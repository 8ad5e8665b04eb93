//! Tests of wires between two threads, of books, and of what they merge into.
//!
//! With no argument it tells each story, and what of it doesn't hold. Most stories are tables of what is
//! asked of the books of some nodes, of what comes of it, and of what they merge into. `wire_tests small`
//! is some short ones, for `./fail-allocations`: what memory was wanting for is tried again, so they have
//! to hold under each allocation that is refused. `wire_tests measure` says how many pieces pass over a
//! wire in a second, and how many calls a node's book takes.
#![tactic(auto)]

mod acts;
mod cutting;
mod measuring;
mod passing;
mod rows;
mod stage;
mod stories;
mod telling;

use anyhow::Result;
use measuring::measure;
use std::alloc::Global;
use std::env;
use std::process::ExitCode;
use stories::{LONG, SHORT};
use telling::{Machine, tell_all, tell_wires};

const USAGE: &str = "usage: wire_tests [small | measure]";

fn all<R: Machine>(rt: &R, alloc: Global) -> Result<bool> {
    let wires = tell_wires(rt, alloc)?;
    let long = tell_all(rt, alloc, LONG)?;
    let short = tell_all(rt, alloc, SHORT)?;
    Ok(wires && long && short)
}

// Whether all is right.
fn run<R: Machine>(rt: &R, alloc: Global) -> Result<bool> {
    let word = env::args(rt)?.nth(1);
    match word.as_ref().map_or("", |word| word.as_str()) {
        "" => all(rt, alloc),
        "small" => tell_all(rt, alloc, SHORT),
        "measure" => measure(rt, alloc),
        _ => {
            println!(rt; "{USAGE}")?;
            Ok(false)
        }
    }
}

fn main(rt: HostRuntime) -> Result<ExitCode> {
    Ok(if run(&rt, rt.alloc())? {
        ExitCode::SUCCESS
    } else {
        ExitCode::FAILURE
    })
}
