//! Items that go over a wire in pieces.
use crate::acts::{name, trunk};
use crate::passing::parcel;
use crate::rows::{Ask, Row};
use crate::stage::{Stage, open};
use crate::stories::{A, B, CONNECTED, P, Q};
use crate::telling::{Machine, Wrong, check};
use erl_names::{NodeName, TrunkId};
use erl_term::Refusal;
use link_core::End::Active;
use std::alloc::Global;
use std::sync::Wait;
use wire_core::{LONGEST, Offer, Port, Spelling, WireIn, connect, front_length};

/// What one node sends to the other, how long its pieces may be, and how long they are.
struct Cut {
    ask: Ask,
    greatest: usize,
    lengths: &'static [usize],
}

/// Frames of 1,036 and of 1,024 bytes, and a link's, which has 46.
const CUTS: &[Cut] = &[
    Cut {
        ask: Ask::SendBinary(P, Q, 1000),
        greatest: 512,
        lengths: &[512, 512, 12],
    },
    Cut {
        ask: Ask::SendBinary(P, Q, 988),
        greatest: 512,
        lengths: &[512, 512],
    },
    Cut {
        ask: Ask::SendBinary(P, Q, 1000),
        greatest: 500,
        lengths: &[500, 500, 36],
    },
    Cut {
        ask: Ask::Link(P, Q),
        greatest: 512,
        lengths: &[46],
    },
    Cut {
        ask: Ask::Link(P, Q),
        greatest: 45,
        lengths: &[45, 1],
    },
    Cut {
        ask: Ask::Link(P, Q),
        greatest: 23,
        lengths: &[23, 23],
    },
];

/// Bytes at the front of an item, how many of them tell its length, and the length.
type Front = (&'static [u8], usize, usize);

/// Each status, other messages, a tick, and frames whose first two bytes make the lengths of messages. The
/// longest of them is longer than a frame may be.
const FRONTS: &[Front] = &[
    (b"\0\x03sok", 5, 5),
    (b"\0\x10sok_simultaneous", 5, 18),
    (b"\0\x04snok", 5, 6),
    (b"\0\x0csnot_allowed", 5, 14),
    (b"\0\x06salive", 5, 8),
    (b"\0\x05strue", 5, 7),
    (b"\0\x06sfalse", 5, 8),
    (b"\0\x11a\0\0pp", 2, 19),
    (b"\0\x15r\0\0pp", 2, 23),
    (b"\0\x12N\0\0pp", 2, 20),
    (&[0, 0, 0, 0], 4, 4),
    (&[0, 0, 0, 42, 112, 131], 4, 46),
    (&[0, 1, 255, 255, 112, 131], 4, 0x0002_0003),
    (&[0, 2, 0, 0, 112, 131], 5, 0x0002_0004),
    (&[0, 3, 0, 0, 112, 131], 5, 0x0003_0004),
    (&[0, 3, 115, 111, 112, 131], 5, 0x0003_7373),
    (&[0, 4, 0, 0, 112, 131], 5, 0x0004_0004),
    (&[0, 5, 0, 0, 112, 131], 5, 0x0005_0004),
    (&[0, 6, 0, 0, 112, 131], 5, 0x0006_0004),
    (&[0, 12, 0, 0, 112, 131], 5, 0x000C_0004),
    (&[0, 16, 0, 0, 112, 131], 5, 0x0010_0004),
    (&[0, 16, 255, 255, 112, 131], 5, 0x0011_0003),
];

/// The longest item of a handshake and a link is the link.
const LONGEST_ITEM: usize = 46;

// What is sent when two connected nodes are asked for this.
fn frame<R: Wait>(rt: &R, alloc: Global, ask: Ask) -> Result<Spelling, Refusal> {
    let mut stage = open(alloc, &[A, B])?;
    let put = sent(rt, alloc, &mut stage, ask);
    drop(stage);
    put
}

fn sent<R: Wait>(rt: &R, alloc: Global, stage: &mut Stage, ask: Ask) -> Result<Spelling, Refusal> {
    for row in CONNECTED {
        stage.holds(rt, alloc, &[], *row)?;
    }
    for row in [Row::Repeats(0, ask, 1), Row::Settles(0, 1)] {
        stage.holds(rt, alloc, &[], row)?;
    }
    stage.last_put(0)
}

// How long the piece is that comes next.
fn length<R: Wait>(rt: &R, into: &mut WireIn) -> usize {
    match into.take(rt) {
        Some(piece) => piece.as_slice().len(),
        None => 0,
    }
}

// Whether a port puts pieces of these lengths.
fn is_cut<R: Wait>(
    rt: &R,
    from: &mut Port,
    into: &mut WireIn,
    lengths: &[usize],
) -> Result<bool, Refusal> {
    for wanted in lengths {
        if !from.flush(rt)? || length(rt, into) != *wanted {
            return Ok(false);
        }
    }
    Ok(!from.flush(rt)?)
}

fn cut_on<R: Wait>(
    rt: &R,
    alloc: Global,
    trunk: &TrunkId,
    from: &mut Port,
    into: &mut WireIn,
    cut: &Cut,
) -> Result<bool, Refusal> {
    if cut.greatest == 0 || cut.greatest > LONGEST {
        return Ok(false);
    }
    from.set_piece(cut.greatest);
    let frame = frame(rt, alloc, cut.ask)?;
    from.send(parcel(trunk, 0, &frame)?)?;
    is_cut(rt, from, into, cut.lengths)
}

// Whether what is asked for goes in pieces of these lengths.
fn holds<R: Wait>(rt: &R, alloc: Global, cut: &Cut) -> Result<bool, Refusal> {
    let (dialer, acceptor) = connect(alloc, trunk(alloc)?)?;
    let peer = NodeName::read(alloc, name(1))?;
    let mut from = Port::new(alloc, peer, dialer);
    let Offer {
        mut into,
        trunk,
        ..
    } = acceptor;
    let held = cut_on(rt, alloc, &trunk, &mut from, &mut into, cut);
    drop(from);
    drop(into);
    drop(trunk);
    held
}

/// Frames go in pieces of the lengths that they should have.
pub fn cut_frames<R: Machine>(rt: &R, alloc: Global) -> Result<(), Wrong> {
    let mut number = 0u32;
    for cut in CUTS {
        number = number.saturating_add(1);
        check(number, holds(rt, alloc, cut)?)?;
    }
    Ok(())
}

// Returns true if these bytes tell the length of an item as soon as they are as many as are needed.
fn is_told(front: Front) -> bool {
    let (bytes, needed, length) = front;
    for count in 0..bytes.len() {
        let wanted = if count < needed { None } else { Some(length) };
        if front_length(&bytes[..count]) != wanted {
            return false;
        }
    }
    front_length(bytes) == Some(length)
}

/// Statuses and long frames are told apart, cut at each byte.
pub fn told_fronts() -> Result<(), Wrong> {
    let mut number = 0u32;
    for front in FRONTS {
        number = number.saturating_add(1);
        check(number, is_told(*front))?;
    }
    Ok(())
}

fn links_on<R: Wait>(
    rt: &R,
    alloc: Global,
    stage: &mut Stage,
    greatest: usize,
) -> Result<bool, Refusal> {
    let mut all = true;
    for row in [Row::SetsPiece(0, greatest), Row::SetsPiece(1, greatest)] {
        all &= stage.holds(rt, alloc, &[], row)?;
    }
    for row in CONNECTED {
        all &= stage.holds(rt, alloc, &[], *row)?;
    }
    for row in [
        Row::Repeats(0, Ask::Link(P, Q), 1),
        Row::Settles(0, 1),
        Row::Has(0, P, Q, Active),
        Row::Has(1, Q, P, Active),
    ] {
        all &= stage.holds(rt, alloc, &[], row)?;
    }
    Ok(all)
}

// Whether a handshake and a link come about in pieces of so many bytes at most.
fn links<R: Wait>(rt: &R, alloc: Global, greatest: usize) -> Result<bool, Refusal> {
    let mut stage = open(alloc, &[A, B])?;
    let held = links_on(rt, alloc, &mut stage, greatest);
    drop(stage);
    held
}

/// A handshake and a link come about, however short the pieces are.
pub fn each_length<R: Machine>(rt: &R, alloc: Global) -> Result<(), Wrong> {
    let mut number = 0u32;
    for greatest in 1..=LONGEST_ITEM {
        number = number.saturating_add(1);
        check(number, links(rt, alloc, greatest)?)?;
    }
    Ok(())
}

_ _ _

**YOUR GOAL:**
From the opening line of the data above, please print each line as written up to and including the line that contains "tables of what is", and nothing more.

**ANSWER SPACE:**
repository 8ad5e8665b04eb93
//! Tests of wires between two threads, of books, and of what they merge into.
//!
//! With no argument it tells each story, and what of it doesn't hold. Most stories are tables of what is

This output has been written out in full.